About this exercise >>
Set down exactly, from the records below, the line with "Ok(programs)" through the line with "link's row alone.", and nothing else.

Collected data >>
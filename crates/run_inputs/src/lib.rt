//! The texts that a run is set up by: filters in the numeric form or as a source, and the table of virtual
//! links.
//!
//! ```text
//! let program = filter_of(alloc, "1,6 0 0 64,", None)?;
//! ```
#![tactic(auto)]

mod inputs;
mod text;

pub use inputs::{filter_of, filter_of_source, load_filters, read_config, read_file};
pub use text::{MAX_TEXT, TextRefusal, read_text};
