//! Texts that are read whole from a source.
ghost use Rattle.std.specs.Prelude.{◌≡◌, IfErr, IfOk, OnOk, length, string_bytes};
ghost use Rattle.run_inputs.specs.Text.{IsTextRefusal, IsWhole, IsWholeText};
ghost use Rattle.run_inputs.specs.declared.text.TextRefusal.TheVariants as refusals;

use pcap_io::{DeviceFault, TapSource, fill};
use std::alloc::{AllocError, Global};

/// The most bytes of a text: 16 MiB.
pub const MAX_TEXT: usize = 16_777_216;

/// How many bytes are asked for first.
const FIRST: usize = 65_536;

/// Why a text wasn't read.
#[derive(Clone, Copy, PartialEq, Eq)]
pub enum TextRefusal {
    /// The source failed.
    Device,
    /// The source has more bytes than a text may have.
    TooLong,
    /// The bytes are not UTF-8.
    NotUtf8,
    /// Out of memory for the text.
    Memory,
}

impl From<DeviceFault> for TextRefusal {
    ghost from_gives = { λ _ e. e ≡ refusals.Device };

    fn from(_fault: DeviceFault) -> TextRefusal {
        TextRefusal::Device
    }
}

impl From<AllocError> for TextRefusal {
    ghost from_gives = { λ _ e. e ≡ refusals.Memory };

    fn from(_e: AllocError) -> TextRefusal {
        TextRefusal::Memory
    }
}

/// Reads all that is left of the source, up to one byte more than a text may have.
fn read_bytes<S: TapSource>(alloc: Global, source: &mut S) -> Result<Vec<u8>, TextRefusal>
    ensures whole { IfOk result (λ bytes.
        IsWhole (S.remaining source.old) (S.remaining source.new) bytes.items) }
    ensures no_failure { OnOk result (S.failures source.new ≡ S.failures source.old) }
    ensures refused { IfErr result (IsTextRefusal
        (S.remaining source.old) (S.remaining source.new)
        (S.failures source.old) (S.failures source.new)) }
{
    let mut bytes = Vec::new(alloc);
    let mut len = 0;
    while len <= MAX_TEXT {
        // The room doubles, so that each byte is moved a few times at most.
        let room = (2 * len).max(FIRST).min(MAX_TEXT + 1);
        bytes.resize(room, 0)?;
        len += fill(source, &mut bytes[len..])?;
        if len < room {
            bytes.truncate(len);
            return Ok(bytes);
        }
    }
    Err(TextRefusal::TooLong)
}

/// Reads a text of at most [`MAX_TEXT`] bytes, which is all that is left of the source. Room is made
/// before anything is read, so there may be no memory even for an empty text.
pub fn read_text<S: TapSource>(alloc: Global, source: &mut S) -> Result<String, TextRefusal>
    ensures whole { IfOk result (λ text.
        IsWholeText (S.remaining source.old) (S.remaining source.new) (string_bytes text)) }
    ensures no_failure { OnOk result (S.failures source.new ≡ S.failures source.old) }
    ensures refused { IfErr result (IsTextRefusal
        (S.remaining source.old) (S.remaining source.new)
        (S.failures source.old) (S.failures source.new)) }
{
    let bytes = read_bytes(alloc, source)?;
    match String::from_utf8(bytes) {
        Ok(text) => Ok(text),
        Err(_) => Err(TextRefusal::NotUtf8),
    }
}
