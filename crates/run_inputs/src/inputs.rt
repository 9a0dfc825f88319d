//! The texts that a run is set up by: filters in the numeric form, and the table of virtual links.
ghost use Rattle.std.specs.Prelude.{◌≡◌, ◌+◌, ◌≤◌, ◌∷◌, ◌++◌, IfErr, IfOk, List, None, OnOk, length, map, string_bytes, vec_capacity, vec_len};
ghost use Rattle.bpf_isa.specs.declared.packed.Packed.{Packed};
ghost use Rattle.vl_config.specs.Document.{IsTableOfText, first_fault};
ghost use Rattle.run_inputs.specs.Inputs.{AreFilters, IsConfigFault, IsFilter, IsFilterFault, IsFiltersFault, IsFirstFilterFault, IsSourceFault, IsSourceFilter, file_fault};
ghost use Rattle.run_inputs.specs.Text.{IsTextRefusal, IsWholeText};
ghost use Rattle.run_inputs.specs.declared.text.TextRefusal.{TextRefusal};

use crate::text::{TextRefusal, read_text};
use bpf_asm::assemble;
use bpf_isa::read_numeric;
use bpf_loader::Program;
use command_line::{Fault, FileOption};
use pcap_io::TapSource;
use run_fault::WatchFault;
use std::alloc::Global;
use vl_config::Config;

/// The filter that a text in the numeric form holds. `number` is its place in the table, from 1; the
/// command line's filter has none.
pub fn filter_of(alloc: Global, code: &str, number: Option<u8>) -> Result<Program, Fault>
    ensures filter { IfOk result (λ program. IsFilter code.now program) }
    ensures fault { IfErr result (λ fault. IsFilterFault code.now number fault) }
{
    let words = read_numeric(alloc, code).map_err(|fault| Fault::Numeric {
        fault,
        filter: number,
    })?;
    Program::load(words).map_err(|refused| Fault::Load {
        fault: refused.fault,
        filter: number,
    })
}

/// The filter that a source text holds.
///
/// # Errors
///
/// `Fault::Asm` if the text isn't the source of a program, `Fault::Load` if the program isn't a filter.
pub fn filter_of_source(alloc: Global, text: &str) -> Result<Program, Fault>
    ensures filter { IfOk result (λ program. IsSourceFilter text.now program) }
    ensures fault { IfErr result (λ fault. IsSourceFault text.now fault) }
{
    let words = match assemble(alloc, text) {
        Ok(words) => words,
        Err(fault) => return Err(Fault::Asm(fault)),
    };
    match Program::load(words) {
        Ok(program) => Ok(program),
        Err(refused) => Err(Fault::Load {
            fault: refused.fault,
            filter: None,
        }),
    }
}

/// The fault for a file whose text wasn't read.
fn fault_of_file(file: FileOption, refusal: TextRefusal) -> Fault
    ensures { result ≡ file_fault file refusal }
{
    match refusal {
        TextRefusal::Device | TextRefusal::TooLong | TextRefusal::NotUtf8 => Fault::File(file),
        TextRefusal::Memory => Fault::Watch(WatchFault::Memory),
    }
}

/// Reads the text of a file, at most 16777216 bytes.
pub fn read_file<S: TapSource>(
    alloc: Global,
    file: FileOption,
    source: &mut S,
) -> Result<String, Fault>
    ensures whole { IfOk result (λ text.
        IsWholeText (S.remaining source.old) (S.remaining source.new) (string_bytes text)) }
    ensures no_failure { OnOk result (S.failures source.new ≡ S.failures source.old) }
    ensures refused { IfErr result (λ fault. (refusal : TextRefusal) × (fault ≡ file_fault file refusal)
        × IsTextRefusal (S.remaining source.old) (S.remaining source.new)
        (S.failures source.old) (S.failures source.new) refusal) }
{
    match read_text(alloc, source) {
        Ok(text) => Ok(text),
        Err(refusal) => Err(fault_of_file(file, refusal)),
    }
}

/// Reads a table of virtual links.
pub fn read_config(alloc: Global, text: &str) -> Result<Config, Fault>
    ensures table { IfOk result (λ config. IsTableOfText text.now config) }
    ensures no_fault { OnOk result (first_fault text.now ≡ None) }
    ensures fault { IfErr result (IsConfigFault text.now) }
{
    match Config::read(alloc, text) {
        Ok(config) => Ok(config),
        Err(fault) => Err(Fault::Config(fault)),
    }
}

/// Appends the filters of a table, of which that of the first text has the number 1.
fn load_table_filters(
    alloc: Global,
    texts: &[String],
    programs: &mut Vec<Program>,
) -> Result<(), Fault>
    requires few { length texts.now ≤ 7 }
    requires room { vec_len programs.old + length texts.now ≤ vec_capacity programs.old }
    ensures filters { OnOk result ((ps : List (List Packed))
        × AreFilters (map string_bytes texts.now) ps
        × (programs.new.items ≡ programs.old.items ++ ps)) }
    ensures fault { IfErr result (IsFirstFilterFault 1 (map string_bytes texts.now)) }
{
    for index in 0..texts.len() {
        let program = filter_of(alloc, &texts[index], Some(index as u8 + 1))?;
        programs.push_reserved(program);
    }
    Ok(())
}

/// The filters of a run: that of the command line, and those of the table. The first text that holds
/// no filter is the fault. `Watch(Memory)`, for the list of them, comes only where the command line's
/// text holds one.
pub fn load_filters(alloc: Global, code: &str, config: &Config) -> Result<Vec<Program>, Fault>
    ensures filters { IfOk result (λ programs.
        AreFilters (code.now ∷ config.now.filters) programs.items) }
    ensures fault { IfErr result (IsFiltersFault code.now config.now.filters) }
{
    let texts = config.filters();
    let first = filter_of(alloc, code, None)?;
    let Ok(mut programs) = Vec::with_capacity(alloc, texts.len() + 1) else {
        return Err(Fault::Watch(WatchFault::Memory));
    };
    programs.push_reserved(first);
    load_table_filters(alloc, texts, &mut programs)?;
    Ok(programs)
}
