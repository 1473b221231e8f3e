// The numbers of a link, each in its word of the link's row: stored alone, every other word as it stands.
#![tactic(auto)]

ghost use Rattle.std.specs.Prelude.{◌≡◌, ◌<◌};
ghost use Rattle.constants.specs.Constants.{link_count};
ghost use Rattle.area_rows.specs.Rows.{with_word};
ghost use Rattle.area_numbers.specs.LinkWords.{with_acknowledged, with_received, with_sent};

use constants::LINKS;

// One word of a link's row alone.
fn store_word(links: &mut [u32; 256], link: u8, place: usize, number: u8)
    requires { place < 8 }
    ensures { links.new ≡ with_word link_count 8 links.old link place number }
{
    if LINKS <= link {
        return;
    }
    links[8 * (link as usize) + place] = number as u32;
}

// A message moves one or two of a link's numbers: their words alone are written.
pub fn store_acknowledged(links: &mut [u32; 256], link: u8, number: u8)
    ensures { links.new ≡ with_acknowledged links.old link number }
{
    store_word(links, link, 1, number);
}

pub fn store_received(links: &mut [u32; 256], link: u8, number: u8)
    ensures { links.new ≡ with_received links.old link number }
{
    store_word(links, link, 2, number);
}

pub fn store_sent(links: &mut [u32; 256], link: u8, number: u8)
    ensures { links.new ≡ with_sent links.old link number }
{
    store_word(links, link, 3, number);
}
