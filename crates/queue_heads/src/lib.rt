// The head of a ring: moved to the end of another, or given up.
#![tactic(auto)]

ghost use Rattle.std.specs.Prelude.{◌≡◌};
ghost use Rattle.queue_heads.specs.Head.{queues_before, queues_after};
ghost use Rattle.queue_heads.specs.Head as Head;

use constants::{FREE_MANAGEMENT, FREE_USER};
use queue_rings::ring::{Taken, at, put, take};

// The head of a ring goes to the end of a ring; an empty one stays as it is.
#[tactic(auto, unfolding(crate::specs::Head::head_of, crate::specs::Head::moved, queue_rings::specs::Move::spans_moved, queue_rings::specs::Move::rings_moved), using(queue_rings::proofs::Queues::taken_none))]
pub fn move_head(spans: &mut [u16; 70], rings: &mut [u8; 8960], from: u8, to: u8) -> Taken
    ensures value { result ≡ Head.head_of (queues_before spans.old rings.old) from }
    ensures rings_value { queues_after spans.new rings.new ≡ Head.moved (queues_before spans.old rings.old) from to }
{
    let head = take(spans, rings, from);
    if head.found {
        put(spans, rings, to, head.slot);
    }
    head
}

// The ring of free slots that a slot goes back to.
pub fn free_ring(slot: u8) -> u8
    ensures { result ≡ Head.free_ring slot }
{
    if slot < 192 {
        FREE_USER
    } else {
        FREE_MANAGEMENT
    }
}

// The head of a ring is given up, and its slot is free.
#[tactic(auto, unfolding(crate::specs::Head::head_of, crate::specs::Head::freed, queue_rings::specs::Ring::take_of))]
pub fn free_head(spans: &mut [u16; 70], rings: &mut [u8; 8960], ring: u8) -> Taken
    ensures value { result ≡ Head.head_of (queues_before spans.old rings.old) ring }
    ensures rings_value { queues_after spans.new rings.new ≡ Head.freed (queues_before spans.old rings.old) ring }
{
    let head = at(spans, rings, ring, 0);
    move_head(spans, rings, ring, free_ring(head.slot))
}
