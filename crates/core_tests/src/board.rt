//! The board and its texts: what no program shows of them. Moves, positions and games that `replay` shows are in
//! `scripts/dev/worked`, and counts of lines of play are the input of the program `perft`.
mod chess960;
mod game;
mod moves;
pub(crate) mod positions;
mod san;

Exercise result >>
    Ok(programs)
}
repository 1473b221231e8f3e
// The numbers of a link, each in its word of the link's row: stored alone, every other word as it stands.
#![tactic(auto)]

ghost use Rattle.std.specs.Prelude.{◌≡◌, ◌<◌};
ghost use Rattle.constants.specs.Constants.{link_count};
ghost use Rattle.area_rows.specs.Rows.{with_word};
ghost use Rattle.area_numbers.specs.LinkWords.{with_acknowledged, with_received, with_sent};

use constants::LINKS;

// One word of a link's row alone.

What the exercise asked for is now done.